MR. HILL: I have no quarrel with that aspiration, and what I hinted at is I think that this process shouldn't be seen as totally as threat. I think that part of a closing of that equity gap may incorporate the opportunity to take economic and environmental advantage from evolving technologies and processes. And that's part of the engagement that I would like to see take place with developing countries. No one is arguing that developing countries should come out of this process poorer. Everyone accepts their right to develop and their right to improve standards of living. What we would wish, however, to occur is that that now occur in a way that is less carbon intense than has been the process of development in the past. And we now have the capacity to see that, in fact, becomes a reality. The goal is therefore a win-win goal, both, as I said, environmentally and economically.

Eileen Claussen: Last question.

Q: Paul Fauteux from Canada, Senator.

I'd like to draw you out, if I may, on the issue of timing of enhanced developing country participation. As Ambassador Estrada reminded us, the convention was -- basically it deals to the effect that developed countries would go first. And as Ambassador Estrada also reminded us, it's expected that one of the critical issues in the negotiations for the second commitment period would be the form of enhanced developing country participation.

You referred to efforts on the past of Australia, Canada and other group members in The Hague to start a dialogue on what form those commitments might take. I do get the impression that the current administration in Washington, if they haven't actually reached that conclusion, are heavily leaning in favor of the view that we can 't wait till the second commitment period, we have to have developing countries join developed countries in taking measures to address climate change first.

I was wondering if you could tell us where Australia stands in that respect.

MR. HILL: Again, we haven't sought to be prescriptive. We don't think that that's an effective response. I acknowledged in answer to a previous question I anticipate different timetables. I anticipate different forms of commitment. I think that one of the -- one of the -- I've been hesitant to speak for the [US] administration. Perhaps one would have a go at speaking for the last administration, because I think in many ways it was addressing the same issue in that it was negotiating at The Hague and elsewhere to a background that it knew that unless it had a formula, it had a resolution to the developing country issue, it simply was never going to have a ratified protocol. It's a fair odd -- I mean you have a great advantage in the United States where your administration can negotiate something that whilst at the same time it can say, well, it's another party that ultimately determines whether it becomes legally binding or not. But they would never -- you know, I understood the administration was always arguing in good faith. It therefore knew that it always had to find an answer to the issue raised by the Congress, which is an issue slightly different to Australia. The issue in the United States, I think looking in the global perspective, was simply that whilst on a per capita basis, the carbon is much less intense in China, a small fraction of the United States, nevertheless if our bottom line in this whole exercise is actually to stabilize global greenhouse gases and emissions from the developing world are about to overtake the developed world, then, politically, an administration has got to show that every party is going to play its card.
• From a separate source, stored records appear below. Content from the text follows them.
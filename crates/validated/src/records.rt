//! The records of origin validation of a form. They are read as the prefix assertions of a SLURM file are.
ghost use Rattle.std.specs.Prelude.{◌≡◌, map, option_map, IfSome, IfNone};
ghost use Rattle.json_fields.specs.Tokens.{items_view};
ghost use Rattle.json_fields.specs.Each.{Each};
ghost use Rattle.slurm_rules.specs.Form.{prefix_assertion_view, prefix_assertions_view};
ghost use Rattle.slurm_rules.specs.Numbers.{ArePrefixAssertions};
ghost use Rattle.validated.specs.Answers.{Finds, Reads, of_slurm};
ghost use Rattle.validated.specs.Content.{Asserts, PayloadsAre, RecordsAre};
ghost use Rattle.validated.specs.Form.{roa_view};

use crate::content::read_end;
use crate::draft::DraftRoa;
use crate::fault::ValidatedFault;
use origin_model::VrpSet;
use serde_json::Number;
use slurm_rules::{DraftPrefixAssertion, SlurmFault, read_prefix_assertions};
use std::alloc::Global;

// Reads the numbers and then the prefixes of the records, where there is an array of them.
pub(crate) fn read_records(
    alloc: Global,
    roas: Option<Vec<DraftRoa>>,
) -> Result<Option<VrpSet>, ValidatedFault>
    ensures { RecordsAre (option_map (items_view roa_view) roas) result }
{
    let Some(roas) = roas else {
        return Ok(None);
    };
    let payloads = read_payloads(alloc, roas)?;
    Ok(Some(payloads))
}

// The same of an array.
fn read_payloads(alloc: Global, roas: Vec<DraftRoa>) -> Result<VrpSet, ValidatedFault>
    ensures { PayloadsAre ((items_view roa_view) roas) result }
{
    let assertions = read_assertions(alloc, roas)?;
    read_prefixes(alloc, &assertions)
}

// The records as prefix assertions.
fn read_assertions(
    alloc: Global,
    roas: Vec<DraftRoa>,
) -> Result<Vec<DraftPrefixAssertion>, ValidatedFault>
    ensures { Reads ValidatedFault.Number prefix_assertions_view result
        (Each Asserts ((items_view roa_view) roas)) }
{
    let mut assertions = Vec::new(alloc);
    for roa in roas {
        let Some(assertion) = read_assertion(roa) else {
            return Err(ValidatedFault::Number);
        };
        assertions.push(assertion)?;
    }
    Ok(assertions)
}

// One record as a prefix assertion. Its end is tested and let go.
fn read_assertion(roa: DraftRoa) -> Option<DraftPrefixAssertion>
    ensures some { IfSome result (λ a. Asserts (roa_view roa) (prefix_assertion_view a)) }
    ensures none { IfNone result ((a : _) → Asserts (roa_view roa) a → ⊥) }
{
    let DraftRoa {
        asn,
        prefix,
        max,
        expires,
    } = roa;
    let Some(asn) = asn.number else {
        return None;
    };
    let Some(_until) = read_end(expires) else {
        return None;
    };
    let asn = Number::from(asn);
    Some(DraftPrefixAssertion { prefix, asn, max })
}

// The set of the payloads that are asserted.
fn read_prefixes(
    alloc: Global,
    assertions: &[DraftPrefixAssertion],
) -> Result<VrpSet, ValidatedFault>
    ensures { Finds ValidatedFault.Prefix result
        (ArePrefixAssertions (map prefix_assertion_view assertions.now)) }
{
    match read_prefix_assertions(alloc, assertions) {
        Ok(set) => Ok(set),
        Err(fault) => Err(of_slurm(fault)),
    }
}

// The fault of assertions that are refused.
fn of_slurm(fault: SlurmFault) -> ValidatedFault
    ensures { result ≡ of_slurm fault }
{
    match fault {
        SlurmFault::NoMemory => ValidatedFault::NoMemory,
        _ => ValidatedFault::Prefix,
    }
}
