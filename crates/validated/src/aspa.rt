//! The elements of `aspas`, one at a time.
ghost use Rattle.std.specs.Prelude.{◌≡◌, codes};
ghost use Rattle.serde_json.specs.Data.{Data};
ghost use Rattle.json_fields.specs.Tokens.{Holds, Keeps};
ghost use Rattle.serde_json.specs.Find.{get};
ghost use Rattle.validated.specs.Form.{Aspa, IsAsNumeral, IsAspa, aspa_view, numeral_view};
ghost use Rattle.validated.specs.Kept.{AspaIs, IsCustomer};

use crate::draft::{DraftAspa, Numeral};
use crate::numeral::{AsNumeral, MomentNumeral};
use json::Reader;
use json_fields::{Entry, Fields, Read, Values, pass, read_list, value_after};
use std::alloc::Global;

// What is kept of an element. A member is none where it is of another kind, and the array of providers also where it is absent.
#[derive(Drop)]
pub(crate) struct AspaFields {
    asid: Option<Option<Numeral>>,
    customer: Option<Option<Numeral>>,
    providers: Option<Vec<Numeral>>,
    expires: Option<Option<Numeral>>,
}

impl Fields for AspaFields {
    ghost keeps = { AspaIs };

    fn new(_is_object: bool) -> AspaFields {
        AspaFields {
            asid: Some(None),
            customer: Some(None),
            providers: None,
            expires: Some(None),
        }
    }

    fn keep(mut self, alloc: Global, name: &str, reader: &mut Reader, depth: usize) -> Read<Self> {
        if name == "providers" {
            self.providers = read_list::<Values<AsNumeral>>(alloc, reader, depth)?;
            return Ok(self);
        }
        let kind = pass(reader, depth)?;
        self.asid = value_after::<AsNumeral>(self.asid, "customer_asid", name, kind);
        self.customer = value_after::<AsNumeral>(self.customer, "customer", name, kind);
        self.expires = value_after::<MomentNumeral>(self.expires, "expires", name, kind);
        Ok(self)
    }
}

// An element of `aspas`.
impl Entry<AspaFields> for DraftAspa {
    ghost Seen = { Aspa };

    ghost see = { aspa_view };

    ghost stands_for = { IsAspa };

    fn of(kept: AspaFields) -> Option<DraftAspa> {
        let customer = named(kept.asid, kept.customer)?;
        let expires = kept.expires?;
        let providers = kept.providers?;
        Some(DraftAspa {
            customer,
            providers,
            expires,
        })
    }
}

// The customer, by `customer_asid`, or by `customer` where that isn't there.
fn named(asid: Option<Option<Numeral>>, other: Option<Option<Numeral>>) -> Option<Numeral>
    ensures { (d : Data) → Keeps numeral_view IsAsNumeral asid (get (codes "customer_asid") d)
        → Keeps numeral_view IsAsNumeral other (get (codes "customer") d)
        → Holds numeral_view result (IsCustomer d) }
{
    let asid = asid?;
    if let Some(customer) = asid {
        return Some(customer);
    }
    let customer = other??;
    Some(customer)
}
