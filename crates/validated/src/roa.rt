//! The elements of `roas`, one at a time.
ghost use Rattle.std.specs.Prelude.{◌≡◌};
ghost use Rattle.validated.specs.Form.{IsRoa, Roa, roa_view};
ghost use Rattle.validated.specs.Kept.{RoaIs};

use crate::draft::{DraftRoa, Numeral};
use crate::numeral::{AsNumeral, MomentNumeral};
use json::Reader;
use json_fields::{
    Entry, Fields, Read, number_if_there_after, pass, text_if_there_after, value_after,
};
use serde_json::Number;
use std::alloc::Global;

// What is kept of an element. A member is none where it is of another kind.
#[derive(Drop)]
pub(crate) struct RoaFields {
    asn: Option<Option<Numeral>>,
    prefix: Option<Option<Vec<u8>>>,
    max: Option<Option<Number>>,
    expires: Option<Option<Numeral>>,
}

impl Fields for RoaFields {
    ghost keeps = { RoaIs };

    fn new(_is_object: bool) -> RoaFields {
        RoaFields {
            asn: Some(None),
            prefix: Some(None),
            max: Some(None),
            expires: Some(None),
        }
    }

    fn keep(mut self, alloc: Global, name: &str, reader: &mut Reader, depth: usize) -> Read<Self> {
        let kind = pass(reader, depth)?;
        self.asn = value_after::<AsNumeral>(self.asn, "asn", name, kind);
        self.max = number_if_there_after(self.max, "maxLength", name, kind);
        self.expires = value_after::<MomentNumeral>(self.expires, "expires", name, kind);
        self.prefix = text_if_there_after(alloc, self.prefix, "prefix", name, kind)?;
        Ok(self)
    }
}

// An element of `roas`.
impl Entry<RoaFields> for DraftRoa {
    ghost Seen = { Roa };

    ghost see = { roa_view };

    ghost stands_for = { IsRoa };

    fn of(kept: RoaFields) -> Option<DraftRoa> {
        let asn = kept.asn??;
        let max = kept.max?;
        let expires = kept.expires?;
        let prefix = kept.prefix??;
        Some(DraftRoa {
            asn,
            prefix,
            max,
            expires,
        })
    }
}
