//! Why a validator's file is refused.
ghost use Rattle.std.specs.Prelude.{◌≡◌};
ghost use Rattle.validated.specs.Answers.{of_json};
ghost use Rattle.validated.specs.declared.fault.ValidatedFault.TheVariants.{NoMemory as OutOfMemory};

use av_base::NoMemory;
use json_fields::JsonFault;
use std::alloc::AllocFailed;
use thiserror::Error;

/// Why a validator's file is refused. The causes are tested in this order, each over the whole file.
#[derive(Clone, Copy, Debug, PartialEq, Eq, Error)]
pub enum ValidatedFault {
    /// Cause 11: the bytes aren't JSON.
    #[error("no JSON")]
    Json,
    /// Cause 13: a member is missing or of another kind, or an element is no object.
    #[error("another member")]
    Member,
    /// Cause 14: an AS or a moment isn't a whole number from 0 to 4,294,967,295.
    #[error("no number")]
    Number,
    /// Cause 42: a prefix is no text of a prefix, or a maximum length isn't a whole number from the prefix's length to 32 or 128.
    #[error("no prefix")]
    Prefix,
    /// There was no memory.
    #[error("no memory")]
    NoMemory,
}

impl From<JsonFault> for ValidatedFault {
    ghost from_gives = { λ fault e. e ≡ of_json fault };

    fn from(fault: JsonFault) -> ValidatedFault {
        match fault {
            JsonFault::Json => ValidatedFault::Json,
            JsonFault::NoMemory => ValidatedFault::NoMemory,
        }
    }
}

impl<T: Drop> From<AllocFailed<T>> for ValidatedFault {
    ghost from_gives = { λ _ e. e ≡ OutOfMemory };

    fn from(_: AllocFailed<T>) -> ValidatedFault {
        ValidatedFault::NoMemory
    }
}

impl From<NoMemory> for ValidatedFault {
    ghost from_gives = { λ _ e. e ≡ OutOfMemory };

    fn from(_: NoMemory) -> ValidatedFault {
        ValidatedFault::NoMemory
    }
}
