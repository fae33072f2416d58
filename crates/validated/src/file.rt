//! The whole file: its two arrays, in whatever order they stand.
ghost use Rattle.std.specs.Prelude.{◌≡◌, Some};
ghost use Rattle.serde_json.specs.Data.{Data};
ghost use Rattle.json_fields.specs.Tokens.{Holds, IsListOf, Keeps, Takes, items_view};
ghost use Rattle.validated.specs.Form.{IsFile, IsRoa, draft_view, roa_view};
ghost use Rattle.validated.specs.Kept.{FileIs};

use crate::aspa::AspaFields;
use crate::draft::{Draft, DraftAspa, DraftRoa};
use crate::roa::RoaFields;
use json::Reader;
use json_fields::{Fields, Objects, Read, pass, read_list};
use std::alloc::Global;

// What is kept of a file: none of an array with an element that is none, or of what is no array; of `roas` also whether it is there.
#[derive(Drop)]
pub(crate) struct File {
    aspas: Option<Vec<DraftAspa>>,
    roas: Option<Option<Vec<DraftRoa>>>,
}

impl Fields for File {
    ghost keeps = { FileIs };

    fn new(_is_object: bool) -> File {
        File {
            aspas: None,
            roas: Some(None),
        }
    }

    fn keep(mut self, alloc: Global, name: &str, reader: &mut Reader, depth: usize) -> Read<Self> {
        if name == "aspas" {
            self.aspas = read_list::<Objects<AspaFields, DraftAspa>>(alloc, reader, depth)?;
            return Ok(self);
        }
        if name == "roas" {
            self.roas = read_roas(alloc, reader, depth)?;
            return Ok(self);
        }
        pass(reader, depth)?;
        Ok(self)
    }
}

impl File {
    // What the file says, where it has the form.
    pub(crate) fn into_draft(self) -> Option<Draft>
        ensures { (d : Data) → FileIs self d → Holds draft_view result (IsFile d) }
    {
        let aspas = self.aspas?;
        let roas = self.roas?;
        Some(Draft { aspas, roas })
    }
}

// The array `roas`, which is there.
fn read_roas(
    alloc: Global,
    reader: &mut Reader<'_>,
    depth: usize,
) -> Read<Option<Option<Vec<DraftRoa>>>>
    ensures { Takes (λ kept d. Keeps (items_view roa_view) (IsListOf IsRoa) kept (Some d)) depth reader.old reader.new result }
{
    let roas = read_list::<Objects<RoaFields, DraftRoa>>(alloc, reader, depth)?;
    let Some(roas) = roas else {
        return Ok(None);
    };
    Ok(Some(Some(roas)))
}
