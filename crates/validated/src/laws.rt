//! The law of a validator's files: the contract of the function is the law, and its body does nothing.
ghost use Rattle.validated.specs.Laws.{EachFileHasOneReading};

/// Each file has one reading: it says one thing, or it is refused for one cause.
pub fn each_file_has_one_reading()
    ensures { EachFileHasOneReading }
{}
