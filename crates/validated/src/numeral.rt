//! Numbers of 32 bits, as values write them.
ghost use Rattle.std.specs.Prelude.{◌≡◌, ℕ, Option, IfSome, IfNone};
ghost use Rattle.validated.specs.Form.{IsAsNumeral, IsMomentNumeral, numeral_view};
ghost use Rattle.validated.specs.Kept.{IsAsText};

use crate::draft::Numeral;
use av_text::read_u32;
use json_fields::{Kind, Value};
use slurm_rules::read_asn;

// An AS, where the value is of a kind that one is written as.
pub(crate) struct AsNumeral;

impl Value for AsNumeral {
    type Item = Numeral;

    ghost Seen = { Option ℕ };

    ghost see = { numeral_view };

    ghost stands_for = { IsAsNumeral };

    fn of(kind: Kind<'_>) -> Option<Numeral> {
        match kind.number() {
            Some(number) => {
                let number = read_asn(&number);
                Some(Numeral { number })
            }
            None => match kind.text() {
                Some(text) => {
                    let number = read_as_text(text.as_bytes());
                    Some(Numeral { number })
                }
                None => None,
            },
        }
    }
}

// A moment, where the value is a number.
pub(crate) struct MomentNumeral;

impl Value for MomentNumeral {
    type Item = Numeral;

    ghost Seen = { Option ℕ };

    ghost see = { numeral_view };

    ghost stands_for = { IsMomentNumeral };

    fn of(kind: Kind<'_>) -> Option<Numeral> {
        match kind.number() {
            Some(number) => {
                let number = read_asn(&number);
                Some(Numeral { number })
            }
            None => None,
        }
    }
}

// The AS that a text names.
fn read_as_text(text: &[u8]) -> Option<u32>
    ensures some { IfSome result (IsAsText text.now) }
    ensures none { IfNone result ((x : _) → IsAsText text.now x → ⊥) }
{
    let digits = text.strip_prefix(b"AS")?;
    read_u32(digits)
}
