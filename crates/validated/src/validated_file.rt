//! What a validator's file says.
use attestations::Terms;
use origin_model::VrpSet;

/// What a validator's file says.
#[derive(Debug, Drop)]
pub struct Validated {
    /// The attestations of each customer, each with its end.
    pub attestations: Terms,
    /// The records of origin validation, where the file has an array of them.
    pub payloads: Option<VrpSet>,
}
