//! Why a file was not added to the history.

ghost use Rattle.std.specs.Prelude.{Some};
ghost use Rattle.archive_history.specs.HistoryFault.{history_fault_text};

use std::alloc::AllocError;
use std::error::Error;
use std::fmt;

/// Why a file is not in the history.
#[derive(Clone, Copy, Debug, PartialEq, Eq)]
pub enum HistoryFault {
    /// The folder of its day could not be made.
    Day,
    /// Every name that it could have is in use.
    NoFreeName,
    /// The folder did not say whether a name is in use.
    LookUp,
    /// No file could be made.
    Create,
    /// The file could not be written.
    Write,
    /// It could not be synced.
    Sync,
    /// It could not be given its name.
    Rename,
    /// It is there, but a crash may lose it: its name may not be on the disk.
    SyncFolder,
    /// Out of memory for its name.
    Memory,
}

/// The fault in words.
impl fmt::Display for HistoryFault {
    ghost output = { λ fault. Some (history_fault_text fault) };

    fn fmt<W: fmt::Write>(&self, f: &mut fmt::Formatter<W>) -> fmt::Result {
        f.write_str(match self {
            HistoryFault::Day => "no folder for the day",
            HistoryFault::NoFreeName => "no free name",
            HistoryFault::LookUp => "not looked up",
            HistoryFault::Create => "not created",
            HistoryFault::Write => "not written",
            HistoryFault::Sync => "not synced",
            HistoryFault::Rename => "not renamed",
            HistoryFault::SyncFolder => "folder not synced",
            HistoryFault::Memory => "out of memory",
        })
    }
}

impl From<AllocError> for HistoryFault {
    ghost use Rattle.std.specs.Prelude.{◌≡◌};
    ghost use Rattle.archive_history.specs.declared.history_fault.HistoryFault.TheVariants.{Memory};

    ghost from_gives = { λ _ e. e ≡ Memory };

    fn from(_error: AllocError) -> Self {
        HistoryFault::Memory
    }
}

impl Error for HistoryFault {}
And the response from China, of course, will be, well, we are already building our economy in a less carbon intense way. In some ways it's being an incidental benefit coming out of programs designed to improve air quality. But that is politically insufficient, because it's not seen as a commitment. But it doesn't seem to me that if the developing country says -- I hear them say that they're already implementing their own programs to achieve a better outcome. It doesn't seem to be a huge step forward to be able to design and express that in terms of a commitment and take a step, therefore, towards resolving a problem that both the past and the existing administration in the United States will have in terms of congressional approval.

Q: Thank you.

Eileen Claussen: Thank you very much.